_WORK TO BE COMPLETED:_
Every line below that has "nested" in it should be copied.

***** SOURCE MATERIAL *****

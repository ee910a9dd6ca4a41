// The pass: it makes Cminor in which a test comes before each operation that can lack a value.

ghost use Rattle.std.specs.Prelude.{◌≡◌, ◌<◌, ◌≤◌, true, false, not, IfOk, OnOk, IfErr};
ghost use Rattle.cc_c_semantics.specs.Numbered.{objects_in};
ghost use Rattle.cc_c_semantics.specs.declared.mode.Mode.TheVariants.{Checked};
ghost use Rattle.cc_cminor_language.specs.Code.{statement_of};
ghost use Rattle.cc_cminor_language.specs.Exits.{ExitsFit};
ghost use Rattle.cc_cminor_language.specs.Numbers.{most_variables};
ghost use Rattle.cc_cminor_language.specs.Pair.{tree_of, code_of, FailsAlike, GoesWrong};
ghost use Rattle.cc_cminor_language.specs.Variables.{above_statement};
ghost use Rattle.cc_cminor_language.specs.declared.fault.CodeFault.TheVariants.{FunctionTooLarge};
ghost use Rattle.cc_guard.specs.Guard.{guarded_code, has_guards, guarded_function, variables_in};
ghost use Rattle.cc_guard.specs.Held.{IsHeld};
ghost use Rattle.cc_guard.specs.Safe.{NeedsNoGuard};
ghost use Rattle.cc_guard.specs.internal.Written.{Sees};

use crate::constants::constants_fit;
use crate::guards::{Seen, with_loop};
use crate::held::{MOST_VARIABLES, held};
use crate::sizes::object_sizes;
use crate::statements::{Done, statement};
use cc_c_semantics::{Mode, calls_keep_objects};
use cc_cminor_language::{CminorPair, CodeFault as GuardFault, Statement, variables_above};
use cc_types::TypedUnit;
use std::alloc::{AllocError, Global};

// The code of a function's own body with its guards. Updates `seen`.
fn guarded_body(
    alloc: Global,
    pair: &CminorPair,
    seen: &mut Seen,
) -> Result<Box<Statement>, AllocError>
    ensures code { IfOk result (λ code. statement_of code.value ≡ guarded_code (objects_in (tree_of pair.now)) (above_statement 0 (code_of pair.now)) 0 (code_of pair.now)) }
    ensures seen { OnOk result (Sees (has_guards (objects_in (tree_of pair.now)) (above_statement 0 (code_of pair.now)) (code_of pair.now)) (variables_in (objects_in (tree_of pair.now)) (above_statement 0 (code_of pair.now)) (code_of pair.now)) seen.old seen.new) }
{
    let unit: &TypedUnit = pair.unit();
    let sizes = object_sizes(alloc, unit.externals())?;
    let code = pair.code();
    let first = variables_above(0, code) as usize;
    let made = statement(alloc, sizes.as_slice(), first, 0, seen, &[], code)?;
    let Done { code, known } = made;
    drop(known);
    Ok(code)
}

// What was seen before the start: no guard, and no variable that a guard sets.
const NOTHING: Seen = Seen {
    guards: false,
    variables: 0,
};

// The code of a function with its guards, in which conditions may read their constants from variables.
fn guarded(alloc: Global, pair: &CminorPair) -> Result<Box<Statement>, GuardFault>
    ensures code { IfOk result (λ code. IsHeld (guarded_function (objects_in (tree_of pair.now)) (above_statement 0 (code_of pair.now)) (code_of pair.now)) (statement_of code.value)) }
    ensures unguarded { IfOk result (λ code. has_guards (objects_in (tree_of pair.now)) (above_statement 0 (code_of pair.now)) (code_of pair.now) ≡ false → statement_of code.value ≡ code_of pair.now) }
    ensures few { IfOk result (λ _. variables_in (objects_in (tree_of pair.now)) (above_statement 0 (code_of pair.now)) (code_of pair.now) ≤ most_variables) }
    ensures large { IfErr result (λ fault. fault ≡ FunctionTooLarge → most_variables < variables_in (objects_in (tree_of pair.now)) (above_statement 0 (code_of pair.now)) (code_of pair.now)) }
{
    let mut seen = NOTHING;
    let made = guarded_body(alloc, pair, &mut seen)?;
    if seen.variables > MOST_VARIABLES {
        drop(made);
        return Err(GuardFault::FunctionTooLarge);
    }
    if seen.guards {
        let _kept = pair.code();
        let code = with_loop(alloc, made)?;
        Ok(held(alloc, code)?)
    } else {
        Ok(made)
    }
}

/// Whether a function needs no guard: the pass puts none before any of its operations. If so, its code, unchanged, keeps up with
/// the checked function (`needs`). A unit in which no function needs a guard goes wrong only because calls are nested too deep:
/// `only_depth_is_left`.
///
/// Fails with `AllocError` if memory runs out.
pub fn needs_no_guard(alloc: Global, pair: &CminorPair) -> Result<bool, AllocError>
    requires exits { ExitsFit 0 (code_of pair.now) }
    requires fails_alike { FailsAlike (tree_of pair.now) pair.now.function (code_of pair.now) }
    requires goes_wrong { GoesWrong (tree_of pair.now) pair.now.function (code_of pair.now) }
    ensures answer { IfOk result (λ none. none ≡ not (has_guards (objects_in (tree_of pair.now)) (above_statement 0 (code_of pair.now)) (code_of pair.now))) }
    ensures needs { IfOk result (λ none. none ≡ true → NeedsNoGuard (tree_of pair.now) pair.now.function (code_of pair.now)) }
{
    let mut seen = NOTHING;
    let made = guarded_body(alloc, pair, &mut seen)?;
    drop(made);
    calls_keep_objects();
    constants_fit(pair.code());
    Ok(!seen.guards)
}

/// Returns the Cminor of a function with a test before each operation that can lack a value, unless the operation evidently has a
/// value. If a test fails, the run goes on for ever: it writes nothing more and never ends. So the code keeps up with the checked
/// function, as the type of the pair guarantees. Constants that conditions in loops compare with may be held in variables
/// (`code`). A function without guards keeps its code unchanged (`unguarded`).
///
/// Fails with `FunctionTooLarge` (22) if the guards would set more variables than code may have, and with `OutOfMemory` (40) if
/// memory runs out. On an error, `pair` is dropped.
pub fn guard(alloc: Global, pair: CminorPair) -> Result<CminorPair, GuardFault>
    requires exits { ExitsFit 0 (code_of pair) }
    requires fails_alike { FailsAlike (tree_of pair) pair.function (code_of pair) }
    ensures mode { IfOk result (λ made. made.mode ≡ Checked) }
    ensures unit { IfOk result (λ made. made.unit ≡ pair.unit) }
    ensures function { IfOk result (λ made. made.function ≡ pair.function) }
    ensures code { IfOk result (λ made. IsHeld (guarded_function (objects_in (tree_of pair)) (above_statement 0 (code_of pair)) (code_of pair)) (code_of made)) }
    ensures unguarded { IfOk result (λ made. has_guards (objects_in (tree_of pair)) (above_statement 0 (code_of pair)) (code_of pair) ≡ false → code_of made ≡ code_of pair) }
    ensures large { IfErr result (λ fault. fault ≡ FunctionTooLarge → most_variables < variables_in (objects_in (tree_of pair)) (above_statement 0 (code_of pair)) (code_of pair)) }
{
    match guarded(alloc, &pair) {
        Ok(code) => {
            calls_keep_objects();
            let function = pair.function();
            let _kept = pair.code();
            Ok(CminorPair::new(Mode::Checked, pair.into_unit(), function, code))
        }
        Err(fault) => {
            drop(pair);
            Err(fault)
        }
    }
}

*****
***** SOURCE MATERIAL *****

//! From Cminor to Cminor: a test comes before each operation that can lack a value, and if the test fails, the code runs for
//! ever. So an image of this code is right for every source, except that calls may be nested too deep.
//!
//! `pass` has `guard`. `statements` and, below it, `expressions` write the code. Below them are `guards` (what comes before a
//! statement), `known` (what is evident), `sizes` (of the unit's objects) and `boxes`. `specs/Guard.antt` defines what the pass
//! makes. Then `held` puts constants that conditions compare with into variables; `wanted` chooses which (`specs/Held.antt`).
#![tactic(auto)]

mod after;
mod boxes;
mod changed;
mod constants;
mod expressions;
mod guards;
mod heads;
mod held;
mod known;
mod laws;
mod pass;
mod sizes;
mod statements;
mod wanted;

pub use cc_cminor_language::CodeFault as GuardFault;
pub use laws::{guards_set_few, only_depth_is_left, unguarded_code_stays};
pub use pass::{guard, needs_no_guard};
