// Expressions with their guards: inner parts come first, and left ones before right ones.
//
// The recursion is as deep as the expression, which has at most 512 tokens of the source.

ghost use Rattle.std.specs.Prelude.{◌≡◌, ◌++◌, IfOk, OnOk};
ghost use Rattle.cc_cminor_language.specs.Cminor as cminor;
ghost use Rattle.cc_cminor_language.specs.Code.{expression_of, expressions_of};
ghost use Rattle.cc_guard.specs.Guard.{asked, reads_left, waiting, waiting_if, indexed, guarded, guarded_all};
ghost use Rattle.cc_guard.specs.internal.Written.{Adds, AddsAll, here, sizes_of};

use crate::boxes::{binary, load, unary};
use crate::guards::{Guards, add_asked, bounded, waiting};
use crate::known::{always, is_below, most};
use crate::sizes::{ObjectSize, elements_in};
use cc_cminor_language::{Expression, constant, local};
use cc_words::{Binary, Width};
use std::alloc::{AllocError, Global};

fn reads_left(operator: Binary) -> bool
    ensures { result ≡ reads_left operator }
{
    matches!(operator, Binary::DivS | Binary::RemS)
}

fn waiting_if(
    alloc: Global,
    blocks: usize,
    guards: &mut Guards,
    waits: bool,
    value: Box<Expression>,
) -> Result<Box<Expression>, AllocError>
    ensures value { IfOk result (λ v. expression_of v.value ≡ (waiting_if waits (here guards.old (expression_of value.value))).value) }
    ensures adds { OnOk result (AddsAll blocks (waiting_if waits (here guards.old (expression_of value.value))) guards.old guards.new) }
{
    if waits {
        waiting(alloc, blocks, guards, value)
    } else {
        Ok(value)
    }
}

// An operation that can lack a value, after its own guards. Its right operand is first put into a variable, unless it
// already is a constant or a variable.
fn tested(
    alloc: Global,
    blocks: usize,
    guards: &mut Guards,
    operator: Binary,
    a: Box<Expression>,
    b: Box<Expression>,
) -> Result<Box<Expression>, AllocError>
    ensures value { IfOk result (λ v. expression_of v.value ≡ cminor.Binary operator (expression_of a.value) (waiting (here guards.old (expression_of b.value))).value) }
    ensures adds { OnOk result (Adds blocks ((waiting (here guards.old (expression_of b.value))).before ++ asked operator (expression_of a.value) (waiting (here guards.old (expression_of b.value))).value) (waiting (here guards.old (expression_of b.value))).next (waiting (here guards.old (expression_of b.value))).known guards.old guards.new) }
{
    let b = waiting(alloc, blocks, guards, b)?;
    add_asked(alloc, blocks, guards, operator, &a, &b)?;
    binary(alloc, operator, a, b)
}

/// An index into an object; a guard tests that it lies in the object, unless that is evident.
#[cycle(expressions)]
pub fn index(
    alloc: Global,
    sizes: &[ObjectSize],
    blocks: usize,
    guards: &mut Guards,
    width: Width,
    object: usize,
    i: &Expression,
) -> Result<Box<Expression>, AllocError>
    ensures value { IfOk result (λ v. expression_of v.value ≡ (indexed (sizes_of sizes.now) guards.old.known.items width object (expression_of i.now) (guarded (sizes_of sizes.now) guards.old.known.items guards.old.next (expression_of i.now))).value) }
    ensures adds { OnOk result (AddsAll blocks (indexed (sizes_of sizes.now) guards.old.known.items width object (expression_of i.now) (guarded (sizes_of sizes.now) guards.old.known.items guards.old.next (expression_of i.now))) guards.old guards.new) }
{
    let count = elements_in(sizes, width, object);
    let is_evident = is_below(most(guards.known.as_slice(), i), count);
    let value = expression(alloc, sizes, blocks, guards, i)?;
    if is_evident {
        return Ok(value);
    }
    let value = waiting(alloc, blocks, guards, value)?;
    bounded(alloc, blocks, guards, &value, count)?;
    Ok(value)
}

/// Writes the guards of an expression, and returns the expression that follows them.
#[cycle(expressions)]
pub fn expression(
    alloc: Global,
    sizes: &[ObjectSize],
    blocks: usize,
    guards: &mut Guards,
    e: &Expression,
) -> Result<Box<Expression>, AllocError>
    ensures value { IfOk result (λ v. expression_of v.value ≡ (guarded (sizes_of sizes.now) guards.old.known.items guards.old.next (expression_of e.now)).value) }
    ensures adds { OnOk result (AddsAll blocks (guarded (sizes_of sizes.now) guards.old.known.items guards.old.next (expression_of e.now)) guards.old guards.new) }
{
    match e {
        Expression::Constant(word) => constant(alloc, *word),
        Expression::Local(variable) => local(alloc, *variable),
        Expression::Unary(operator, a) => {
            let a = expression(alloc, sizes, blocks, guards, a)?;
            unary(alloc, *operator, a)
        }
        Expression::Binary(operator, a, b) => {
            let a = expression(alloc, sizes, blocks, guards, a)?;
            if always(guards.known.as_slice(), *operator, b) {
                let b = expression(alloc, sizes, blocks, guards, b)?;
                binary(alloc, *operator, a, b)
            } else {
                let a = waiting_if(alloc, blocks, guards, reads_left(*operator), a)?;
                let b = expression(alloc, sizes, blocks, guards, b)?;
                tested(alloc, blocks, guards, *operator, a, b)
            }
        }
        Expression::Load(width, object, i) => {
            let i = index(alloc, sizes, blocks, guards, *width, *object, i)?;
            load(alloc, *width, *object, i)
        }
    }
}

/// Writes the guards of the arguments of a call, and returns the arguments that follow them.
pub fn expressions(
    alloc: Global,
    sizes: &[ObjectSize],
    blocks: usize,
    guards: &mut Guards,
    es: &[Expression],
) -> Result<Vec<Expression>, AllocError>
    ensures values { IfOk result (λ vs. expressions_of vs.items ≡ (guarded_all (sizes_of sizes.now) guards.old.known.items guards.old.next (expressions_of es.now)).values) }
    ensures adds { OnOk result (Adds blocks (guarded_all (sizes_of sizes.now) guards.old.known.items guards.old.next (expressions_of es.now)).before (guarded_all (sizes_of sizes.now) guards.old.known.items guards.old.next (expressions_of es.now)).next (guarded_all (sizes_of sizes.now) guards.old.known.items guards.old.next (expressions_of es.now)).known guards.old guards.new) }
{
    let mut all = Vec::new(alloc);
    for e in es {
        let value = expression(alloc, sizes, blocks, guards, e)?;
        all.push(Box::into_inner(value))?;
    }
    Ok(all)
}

*****
***** SOURCE MATERIAL *****

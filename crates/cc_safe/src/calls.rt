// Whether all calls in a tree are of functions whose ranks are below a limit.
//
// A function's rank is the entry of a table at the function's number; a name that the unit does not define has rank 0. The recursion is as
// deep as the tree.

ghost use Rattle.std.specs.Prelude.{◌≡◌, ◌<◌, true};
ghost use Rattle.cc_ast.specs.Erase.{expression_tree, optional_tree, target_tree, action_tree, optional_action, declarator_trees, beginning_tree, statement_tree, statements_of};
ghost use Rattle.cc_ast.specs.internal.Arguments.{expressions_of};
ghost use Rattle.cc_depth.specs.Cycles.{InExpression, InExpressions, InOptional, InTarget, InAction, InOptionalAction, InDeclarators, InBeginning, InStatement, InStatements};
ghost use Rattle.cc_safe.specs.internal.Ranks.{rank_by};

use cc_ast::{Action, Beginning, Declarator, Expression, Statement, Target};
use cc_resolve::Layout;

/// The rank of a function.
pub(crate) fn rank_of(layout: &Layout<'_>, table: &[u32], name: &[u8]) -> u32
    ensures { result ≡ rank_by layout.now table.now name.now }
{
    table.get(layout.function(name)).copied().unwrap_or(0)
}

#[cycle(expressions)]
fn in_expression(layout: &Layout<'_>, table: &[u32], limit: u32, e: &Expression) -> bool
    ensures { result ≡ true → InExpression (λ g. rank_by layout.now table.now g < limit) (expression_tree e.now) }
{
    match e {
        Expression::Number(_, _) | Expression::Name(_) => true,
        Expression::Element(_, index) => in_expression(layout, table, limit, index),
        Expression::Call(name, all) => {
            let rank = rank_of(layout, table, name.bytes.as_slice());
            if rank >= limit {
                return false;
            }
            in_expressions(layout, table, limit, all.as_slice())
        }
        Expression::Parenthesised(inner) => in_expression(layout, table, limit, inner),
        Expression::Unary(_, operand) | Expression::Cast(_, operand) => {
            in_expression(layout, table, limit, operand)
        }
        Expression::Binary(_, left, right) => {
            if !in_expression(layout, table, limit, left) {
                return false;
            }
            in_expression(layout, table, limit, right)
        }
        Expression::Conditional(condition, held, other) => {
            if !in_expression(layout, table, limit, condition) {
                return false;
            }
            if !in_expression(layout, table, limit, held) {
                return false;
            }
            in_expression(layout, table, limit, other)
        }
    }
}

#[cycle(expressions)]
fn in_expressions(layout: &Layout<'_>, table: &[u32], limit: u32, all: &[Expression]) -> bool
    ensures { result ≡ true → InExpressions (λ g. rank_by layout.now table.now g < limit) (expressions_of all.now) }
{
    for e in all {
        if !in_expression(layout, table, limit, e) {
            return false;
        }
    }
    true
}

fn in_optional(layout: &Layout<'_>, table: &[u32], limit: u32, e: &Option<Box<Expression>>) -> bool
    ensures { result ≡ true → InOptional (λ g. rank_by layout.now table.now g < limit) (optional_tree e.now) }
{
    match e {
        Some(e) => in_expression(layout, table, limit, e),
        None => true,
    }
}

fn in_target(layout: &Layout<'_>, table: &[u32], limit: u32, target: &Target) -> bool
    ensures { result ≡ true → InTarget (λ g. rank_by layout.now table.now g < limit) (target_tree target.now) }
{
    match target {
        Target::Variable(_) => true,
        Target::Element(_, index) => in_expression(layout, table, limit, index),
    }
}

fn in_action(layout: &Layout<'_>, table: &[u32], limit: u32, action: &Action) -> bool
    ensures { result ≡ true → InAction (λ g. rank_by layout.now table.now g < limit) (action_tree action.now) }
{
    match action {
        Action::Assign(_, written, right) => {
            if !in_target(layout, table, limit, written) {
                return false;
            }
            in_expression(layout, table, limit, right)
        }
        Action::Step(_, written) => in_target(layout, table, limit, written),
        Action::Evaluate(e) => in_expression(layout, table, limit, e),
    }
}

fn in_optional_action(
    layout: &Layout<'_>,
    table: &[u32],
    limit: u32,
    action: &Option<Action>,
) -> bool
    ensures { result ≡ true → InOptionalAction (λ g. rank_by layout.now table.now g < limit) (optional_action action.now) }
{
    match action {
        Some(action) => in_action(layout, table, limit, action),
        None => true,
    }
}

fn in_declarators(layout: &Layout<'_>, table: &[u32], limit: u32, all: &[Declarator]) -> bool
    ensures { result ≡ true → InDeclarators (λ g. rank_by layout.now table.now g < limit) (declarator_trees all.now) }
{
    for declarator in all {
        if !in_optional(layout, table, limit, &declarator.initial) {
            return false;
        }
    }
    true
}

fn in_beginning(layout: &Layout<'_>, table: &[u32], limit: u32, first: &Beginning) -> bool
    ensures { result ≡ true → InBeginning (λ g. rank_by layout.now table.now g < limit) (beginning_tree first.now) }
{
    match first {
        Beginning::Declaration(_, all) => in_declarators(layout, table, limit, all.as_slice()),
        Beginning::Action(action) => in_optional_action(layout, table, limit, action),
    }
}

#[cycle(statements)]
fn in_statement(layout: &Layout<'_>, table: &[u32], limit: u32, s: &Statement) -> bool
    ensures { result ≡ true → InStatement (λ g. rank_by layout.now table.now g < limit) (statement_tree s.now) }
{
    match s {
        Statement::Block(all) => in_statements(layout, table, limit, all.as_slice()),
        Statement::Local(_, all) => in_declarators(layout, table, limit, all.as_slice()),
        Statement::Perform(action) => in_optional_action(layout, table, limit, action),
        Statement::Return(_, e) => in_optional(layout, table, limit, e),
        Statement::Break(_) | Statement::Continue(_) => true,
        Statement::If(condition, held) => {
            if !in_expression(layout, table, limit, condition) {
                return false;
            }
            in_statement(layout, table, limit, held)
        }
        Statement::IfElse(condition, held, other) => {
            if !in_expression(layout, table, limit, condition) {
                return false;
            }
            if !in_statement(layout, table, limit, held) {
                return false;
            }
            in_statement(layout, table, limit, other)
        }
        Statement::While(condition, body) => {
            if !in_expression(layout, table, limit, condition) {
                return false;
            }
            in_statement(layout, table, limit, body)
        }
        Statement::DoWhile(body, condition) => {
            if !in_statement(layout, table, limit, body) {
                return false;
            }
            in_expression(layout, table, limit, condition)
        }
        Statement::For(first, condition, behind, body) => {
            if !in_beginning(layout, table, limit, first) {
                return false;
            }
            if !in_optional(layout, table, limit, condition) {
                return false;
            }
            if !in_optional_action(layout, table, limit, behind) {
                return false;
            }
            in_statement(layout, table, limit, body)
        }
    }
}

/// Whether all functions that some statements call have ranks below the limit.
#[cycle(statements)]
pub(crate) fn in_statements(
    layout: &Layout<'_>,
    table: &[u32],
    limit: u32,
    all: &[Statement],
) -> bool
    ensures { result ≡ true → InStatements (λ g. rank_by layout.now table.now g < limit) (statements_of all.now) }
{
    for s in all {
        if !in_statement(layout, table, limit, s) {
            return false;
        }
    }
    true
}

*****

_EXPECTED OUTPUT:_
/// the checked function (`needs`). A unit in which no function needs a guard goes wrong only because calls are nested too deep:
//! ever. So an image of this code is right for every source, except that calls may be nested too deep.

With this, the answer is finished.